Tyndale, however, had a pastoral heart. He thought the Bible ought to be accessible and readable for everyone, not just the priests, scholars, etc. Not only that, his burning desire was to have an unadulterated English translation based on the original Greek and Hebrew languages.

So Tyndale learned Greek. Then he learned Hebrew. Then he began translating. By the 1520’s and 30’s, the English people had a Bible they could read in a vernacular they could understand. It was a game-changing moment.

The church and the government, however, did not approve. They burned his Bibles in public, arrested and charged anyone who was found with one in their possession, and they hunted him down like a dog.

After being bribed, a friend of Tyndale’s betrayed his confidence and led the authorities right to him. Tyndale was arrested and put in chains. He was condemned as a heretic, strangled, and his body burnt at the stake despite having the opportunity to recant. His desire for England to have a Bible burned too strong.

Tyndale’s influence on our present reality is undeniable. All scholars agree that the English language wouldn’t have developed as it did without him. We wouldn’t have Biblical words such as ‘scapegoat’, ‘Passover’, and ‘mercy seat’. In fact, the KJV of the Bible is still estimated to be 90% Tyndale’s translation. This remarkable work was all born from one man’s desire that you and I could have a Bible we could read and understand. And it cost him his life.

When I consider that he was killed because he so desperately wanted me to have the Bible in my own language, I realize that I’ve forgotten my privilege. I take for granted his sacrifice along with many others’.
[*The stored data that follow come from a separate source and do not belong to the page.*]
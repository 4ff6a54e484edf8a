// Bytes that give no answer, in a row: those outside of groups, up to an LF that opens one, and the characters of a
// group, which are most of what comes. They are taken here in one go, for speed, and `step` takes the rest.
ghost use Rattle.std.specs.Prelude.{◌≡◌, true, not, ◌&&◌, ◌≤◌, fold, length, map};
ghost use Rattle.std.specs.List.{prefix_len};
ghost use Rattle.characters.specs.Wire.{STX, character_of};
ghost use Rattle.line.specs.ByBytes.{is};
ghost use Rattle.line.specs.Symbols.{symbol_of};
ghost use Rattle.line.specs.Runs.{goes_on, is_plain_byte, Lays, LaysOn, Passes, Runs};

use crate::rules::{Phase, Symbol};
use crate::state::Line;
use crate::{frames, rules};

// A line behind the bytes that were taken, and how many they were.
#[derive(Clone, Copy)]
pub struct Run {
    pub line: Line,
    pub count: usize,
}

// How many bytes at the front are no STX. Outside they do nothing; an STX is left to `step`: it begins a frame, and so no
// row has one.
fn pass_outside(bytes: &[u8]) -> usize
    ensures { result ≡ prefix_len (λ byte. not (is STX byte)) bytes.now }
{
    bytes
        .iter()
        .take_while(|&&byte| !frames::is_stx(byte))
        .count()
}

// Whether a byte of a frame, in no group, gives no answer and opens no group.
fn goes_on(byte: u8) -> bool
    ensures { result ≡ goes_on (symbol_of byte) }
{
    !matches!(
        rules::symbol_of(byte),
        Symbol::Stx | Symbol::Etx | Symbol::Eot | Symbol::Lf
    )
}

// How many bytes at the front only flaw a frame.
fn pass_noise(bytes: &[u8]) -> usize
    ensures { result ≡ prefix_len (λ byte. goes_on (symbol_of byte)) bytes.now }
{
    bytes.iter().take_while(|&&byte| goes_on(byte)).count()
}

// Takes bytes of a frame while they give no answer, up to and with an LF. Behind a group an LF comes as a rule, so it is
// looked for first. Its wire byte is its code, since that has two ones.
fn pass_frame(flaw: bool, bytes: &[u8]) -> (Phase, usize)
    ensures { Passes (Phase.Frame flaw) bytes.now result.0 result.1 }
{
    if let [characters::LF, ..] = bytes {
        return (Phase::Group(flaw, false, false), 1);
    }
    let count = pass_noise(bytes);
    let flawed = flaw | (0 < count);
    if let Some(&characters::LF) = bytes.get(count) {
        return (Phase::Group(flawed, false, false), count + 1);
    }
    (Phase::Frame(flawed), count)
}

// Takes the bytes at the front that give no answer, where the line is in no group: up to and with an LF that opens one.
fn take_quiet(line: Line, bytes: &[u8]) -> Run
    ensures { (content : _) → Runs line content bytes.now result content }
{
    match line.phase {
        Phase::Outside => Run {
            line: line.turned(Phase::Outside, 0),
            count: pass_outside(bytes),
        },
        Phase::Frame(flaw) => {
            let (phase, count) = pass_frame(flaw, bytes);
            Run {
                line: line.turned(phase, 0),
                count,
            }
        }
        Phase::Group(_, _, _) => Run { line, count: 0 },
    }
}

// Whether a byte is sound and one of the characters that groups are made of: no control character but HT.
#[tactic(auto, unfolding(crate::specs::Runs::is_plain_byte))]
fn is_plain(byte: u8) -> bool
    ensures { result ≡ is_plain_byte byte }
{
    characters::sound(byte)
        & ((characters::SP <= characters::character(byte)) | (byte == characters::HT))
}

// Whether eight bytes are plain. No test leaves the chain, so that the compiler tests all eight at once.
fn are_plain(eight: &[u8; 8]) -> bool
    ensures { result ≡ fold (λ plain byte. plain && is_plain_byte byte) true eight.now }
{
    eight
        .iter()
        .fold(true, |plain, &byte| plain & is_plain(byte))
}

// The characters of eight bytes.
fn codes_of(eight: &[u8; 8]) -> [u8; 8]
    ensures { result ≡ map character_of eight.now }
{
    eight.map(characters::character)
}

// Adds the plain characters at the front, eight by eight, and tells how many they are. The room is written by place: of what a
// chain over `chunks_exact_mut` writes, a proof knows the length alone.
fn add_eights(room: &mut [u8], bytes: &[u8]) -> usize
    requires { length bytes.now ≤ length room.old }
    ensures { Lays room.old bytes.now result room.new }
{
    let mut count = 0;
    while let Some(eight) = bytes[count..].first_chunk::<8>() {
        if !are_plain(eight) {
            return count;
        }
        let codes = codes_of(eight);
        room[count..count + 8].copy_from_slice(&codes);
        count += 8;
    }
    count
}

// Adds the characters from a place on, one by one, and tells the place behind them. The place is handed over, since what was
// laid before it counts in the contract.
fn add_rest(room: &mut [u8], bytes: &[u8], from: usize) -> usize
    requires { (from ≤ length bytes.now) × (length bytes.now ≤ length room.old) }
    ensures { LaysOn bytes.now from room.old result room.new }
{
    for i in from..bytes.len() {
        let Symbol::Text(code) = rules::symbol_of(bytes[i]) else {
            return i;
        };
        room[i] = code;
    }
    bytes.len()
}

// Adds the characters at the front of the bytes, as far as there is room, and tells how many they are.
fn add_text(room: &mut [u8], bytes: &[u8]) -> usize
    ensures { Lays room.old bytes.now result room.new }
{
    let most = room.len().min(bytes.len());
    let fits = &bytes[..most];
    let from = add_eights(room, fits);
    add_rest(room, fits, from)
}

// Takes the bytes at the front that give no answer, as far as they are taken in a row.
pub(crate) fn take_row(line: Line, content: &mut [u8; 128], bytes: &[u8]) -> Run
    ensures { Runs line content.old bytes.now result content.new }
{
    let quiet = take_quiet(line, bytes);
    match quiet.line.phase {
        Phase::Group(_, _, _) => {
            let held = quiet.line.held;
            let rest = &bytes[quiet.count..];
            let more = add_text(&mut content[held as usize..], rest);
            Run {
                line: quiet.line.turned(quiet.line.phase, held + more as u16),
                count: quiet.count + more,
            }
        }
        _ => quiet,
    }
}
Tyndale’s desire has fanned a new flame inside of me. I hope it might in you in as well.

Certainly you cannot manufacture desire. But you can read in a posture of thankfulness. You can thank God for your physical Bible in prayer. You can prioritize time in the Word knowing that Tyndale valued it more than his life.

And who knows what’ll happen? In my experience, the more I tell myself that ‘I love to read the Bible,’ the more I end up loving to read the Bible. Maybe you will too.